Simple shapes: - Rectangle $[0,a] \times [0,b]$: draw $U_1, U_2 \sim$ Uniform$(0,1)$, output $(aU_1, bU_2)$. Uniform by construction. - Triangle with vertices $P_0, P_1, P_2$: draw $U_1, U_2 \sim$ Uniform$(0,1)$; if $U_1 + U_2 > 1$ reflect via $U_1 \to 1-U_1$, $U_2 \to 1-U_2$ (or use $\sqrt{}$ trick); then point $= P_0 + U_1(P_1 - P_0) + U_2(P_2 - P_0)$. This IS uniform on the triangle.
Arbitrary convex region (polygon): 1. Triangulate the convex polygon into triangles (fan from one vertex). 2. Compute each triangle's area; pick a triangle with probability proportional to its area (using a 1D uniform to select). 3. Sample a uniform point inside the chosen triangle using the triangle method above. This gives an exactly uniform point over the whole region. For a smooth convex region, enclose it in a bounding box, sample uniformly in the box, and REJECT points outside the region -- rejection sampling is exact and simple.

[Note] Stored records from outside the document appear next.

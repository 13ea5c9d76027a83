//! Stores without chunks that no term holds.
ghost use Rattle.std.specs.Prelude.{◌≡◌, ◌≢◌, [], IfErr, IfOk, MatchBool};
ghost use Rattle.xet_audit.specs.Findings.{faults};
ghost use Rattle.xet_audit.specs.Raws.{IsUncounted, store_of_raw};
ghost use Rattle.xet_compact.specs.Compacts.{Clashes, IsCompacted, Serves, dropped_count, kept_xorbs};
ghost use Rattle.xet_compact.specs.Refusals.{CompactCause};
ghost use Rattle.xet_compact.specs.declared.compaction.CompactError.TheVariants as compact_error;
ghost use Rattle.xet_compact.specs.steps.Ascending.{AreXorbs, ClashCause};
ghost use Rattle.xet_compact.specs.steps.Kept.{AreAllFiles, IsKept};

use crate::ascending::{merged_xorbs, sorted_files};
use crate::kept_store::KeptStore;
use std::alloc::{AllocError, Global};
use thiserror::Error;
use xet_audit::laws::audits_tell_validity;
use xet_audit::{RawFile, RawStore, RawXorb, audit};
use xet_base::{List, MerkleHash, OutOfMemory};

/// A compacted store.
#[derive(Drop)]
pub struct Compacted {
    /// The store, whose xorbs and files stand by ascending hash.
    pub store: RawStore,
    /// How many chunks no term holds, those of dropped xorbs among them.
    pub dropped_chunks: u64,
}

/// Why a store was not compacted. It prints its variant's name.
#[derive(Clone, Copy, PartialEq, Eq, Debug, Drop, Error)]
pub enum CompactError {
    /// An allocation was refused.
    #[error("OutOfMemory")]
    OutOfMemory,
    /// The store isn't valid: an audit finds something of kinds 1 to 7.
    #[error("NotValid")]
    NotValid,
    /// Two lists of chunks that differ would stand under this hash: of several such hashes the least.
    #[error("Clash")]
    Clash(MerkleHash),
}

impl From<OutOfMemory> for CompactError {
    ghost from_gives = { λ _ e. e ≡ compact_error.OutOfMemory };

    fn from(_error: OutOfMemory) -> CompactError {
        CompactError::OutOfMemory
    }
}

impl From<AllocError> for CompactError {
    ghost from_gives = { λ _ e. e ≡ compact_error.OutOfMemory };

    fn from(_error: AllocError) -> CompactError {
        CompactError::OutOfMemory
    }
}

/// The store without xorbs that no file names and chunks that no term holds. A xorb that keeps all its chunks keeps its
/// hash, another gets that of the kept chunks, and of two with one hash and equal chunks one stays. Files keep their
/// hashes, and their terms are renumbered. Kept chunks share memory with the store's.
///
/// `NotValid` exactly where an audit without hashes finds something. `Clash` exactly where two kept lists of chunks
/// that differ would stand under one hash. `OutOfMemory` where memory was refused.
///
/// It takes time linear in the bytes of cut xorbs, in chunks and in terms, but for look-ups of hashes and two sorts; a
/// term costs one comparison, however many chunks it has.
pub fn compact(alloc: Global, raw: &RawStore) -> Result<Compacted, CompactError>
    ensures compacted { IfOk result (λ c. IsCompacted (store_of_raw raw.now) (store_of_raw c.store)) }
    ensures dropped { IfOk result (λ c. c.dropped_chunks ≡ dropped_count (store_of_raw raw.now)) }
    ensures uncounted { IfOk result (λ c. IsUncounted c.store) }
    ensures serves { IfOk result (λ c. Serves (store_of_raw raw.now) (store_of_raw c.store)) }
    ensures valid { IfOk result (λ _. faults (store_of_raw raw.now) ≡ []) }
    ensures clear { IfOk result (λ _. (h : MerkleHash) → Clashes (store_of_raw raw.now) h → ⊥) }
    ensures cause { IfErr result (CompactCause (store_of_raw raw.now)) }
{
    if !is_valid(alloc, raw)? {
        return Err(CompactError::NotValid);
    }
    compact_valid(alloc, raw)
}

// Whether an audit without hashes finds nothing.
fn is_valid(alloc: Global, raw: &RawStore) -> Result<bool, OutOfMemory>
    ensures { IfOk result (λ valid. MatchBool valid (faults (store_of_raw raw.now) ≡ [])
        (faults (store_of_raw raw.now) ≢ [])) }
{
    let report = audit(alloc, raw, false)?;
    Ok(report.findings.len() == 0)
}

// The store, which is valid, compacted.
fn compact_valid(alloc: Global, raw: &RawStore) -> Result<Compacted, CompactError>
    requires { faults (store_of_raw raw.now) ≡ [] }
    ensures compacted { IfOk result (λ c. IsCompacted (store_of_raw raw.now) (store_of_raw c.store)) }
    ensures dropped { IfOk result (λ c. c.dropped_chunks ≡ dropped_count (store_of_raw raw.now)) }
    ensures uncounted { IfOk result (λ c. IsUncounted c.store) }
    ensures serves { IfOk result (λ c. Serves (store_of_raw raw.now) (store_of_raw c.store)) }
    ensures clear { IfOk result (λ _. (h : MerkleHash) → Clashes (store_of_raw raw.now) h → ⊥) }
    ensures cause { IfErr result (CompactCause (store_of_raw raw.now)) }
{
    audits_tell_validity();
    let kept = KeptStore::of(alloc, raw)?;
    let dropped_chunks = kept.dropped_chunks()?;
    let files = ascending_files(alloc, &kept)?;
    let xorbs = ascending_xorbs(alloc, kept)?;
    Ok(Compacted {
        store: RawStore { xorbs, files },
        dropped_chunks,
    })
}

// The files that are kept, by ascending hash.
fn ascending_files(alloc: Global, kept: &KeptStore<'_>) -> Result<List<RawFile>, OutOfMemory>
    requires { IsKept kept.now.raw.now kept.now.index kept.now.kept }
    ensures { IfOk result (AreAllFiles (store_of_raw kept.now.raw.now)) }
{
    let files = kept.files(alloc)?;
    sorted_files(files)
}

// The xorbs that are kept, by ascending hash, or their least clash.
fn ascending_xorbs(alloc: Global, kept: KeptStore<'_>) -> Result<List<RawXorb>, CompactError>
    requires { IsKept kept.raw.now kept.index kept.kept }
    ensures merged { IfOk result (AreXorbs (kept_xorbs (store_of_raw kept.entry.raw.now))) }
    ensures cause { IfErr result (ClashCause (kept_xorbs (store_of_raw kept.entry.raw.now))) }
{
    let xorbs = kept.into_xorbs(alloc)?;
    merged_xorbs(xorbs)
}
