//! What a xorb keeps.
ghost use Rattle.std.specs.Prelude.{◌≡◌, ◌<◌, ◌^◌, All, IfOk, length};
ghost use Rattle.xet_base.specs.Digests.{infos_of, xorb_hash_of};
ghost use Rattle.xet_base.specs.Store.{IsValidXorb};
ghost use Rattle.xet_held.specs.Held.{is_reached};
ghost use Rattle.xet_compact.specs.steps.Kept.{hash_by, kept_by};

use bytes::Bytes;
use std::alloc::Global;
use xet_audit::RawXorb;
use xet_base::{ChunkInfo, List, MerkleHash, OutOfMemory};
use xet_held::{Reach, held_chunks};

/// The chunks of a xorb that terms hold.
#[derive(Drop)]
pub(crate) struct KeptXorb {
    /// The xorb's hash where it keeps all chunks, and else that of those which it keeps.
    pub(crate) hash: MerkleHash,
    /// The chunks that it keeps.
    pub(crate) chunks: List<Bytes>,
    /// The new number of each chunk of the xorb, and behind these how many chunks it keeps: how many before it are
    /// kept.
    pub(crate) numbers: List<u32>,
}

impl KeptXorb {
    /// What a xorb keeps, by how far its terms reach. The chunks share the xorb's memory.
    pub(crate) fn of(alloc: Global, xorb: &RawXorb, reach: &Reach) -> Result<KeptXorb, OutOfMemory>
        requires valid { IsValidXorb xorb.now }
        requires long { length reach.now ≡ length xorb.now.chunks }
        ensures { IfOk result (λ kept. kept ≡ kept_by (is_reached reach.now) xorb.now) }
    {
        let (chunks, numbers) = held_chunks(alloc, xorb.chunks.as_slice(), reach.ends())?;
        let hash = kept_hash(alloc, xorb, chunks.as_slice())?;
        Ok(KeptXorb {
            hash,
            chunks,
            numbers,
        })
    }
}

// The hash of a xorb that keeps these chunks.
fn kept_hash(alloc: Global, xorb: &RawXorb, chunks: &[Bytes]) -> Result<MerkleHash, OutOfMemory>
    requires { All (λ c. length c < 2 ^ 32) chunks.now }
    ensures { IfOk result (λ hash. hash ≡ hash_by xorb.now chunks.now) }
{
    if chunks.len() == xorb.chunks.len() {
        return Ok(xorb.hash);
    }
    chunks_hash(alloc, chunks)
}

// The hash of a xorb of these chunks.
fn chunks_hash(alloc: Global, chunks: &[Bytes]) -> Result<MerkleHash, OutOfMemory>
    requires { All (λ c. length c < 2 ^ 32) chunks.now }
    ensures { IfOk result (λ hash. hash ≡ xorb_hash_of (infos_of chunks.now)) }
{
    let mut infos = Vec::with_capacity(alloc, chunks.len())?;
    for chunk in chunks {
        infos.push(ChunkInfo {
            hash: MerkleHash::chunk_hash(chunk.as_slice()),
            length: chunk.len() as u32,
        })?;
    }
    Ok(MerkleHash::xorb_hash(infos.as_slice()))
}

Does the vertex-averaging shortcut work? NO. Mapping the unit square's four corners to four region vertices and taking a bilinear weighted average of a uniformly-sampled square point does not preserve uniformity. The Jacobian of a bilinear map is non-constant, so it bunches points -- areas get stretched and compressed unevenly. Concretely, convex combinations concentrate mass toward the centroid and distort density near the boundary. Uniform weights over vertices give a distribution peaked away from uniform.
Answer: For a rectangle or triangle, direct 1D-to-2D constructions give uniformity. For an arbitrary convex region, use area-weighted triangulation (choose a triangle by area, then sample within it) or rejection sampling against a bounding box. The vertex-averaging shortcut is NOT uniform because the mapping's Jacobian is not constant, so it distorts the density.
Intuition
The deep lesson is that uniformity is an area-preservation property, so any nonlinear (or even bilinear) reparameterization that does not have constant Jacobian will distort the density -- the tempting 'weighted average of corners' shortcut fails for exactly this reason. The two correct tools are area-weighted decomposition (sample a sub-region proportional to its area, then sample within it) and rejection sampling (exact, trivially correct, costs a constant factor in efficiency for convex shapes). This is foundational for Monte Carlo integration, generating initial conditions in simulations, and any time you must sample uniformly over a non-rectangular domain -- and the Jacobian check is the rigorous way to validate a proposed sampler.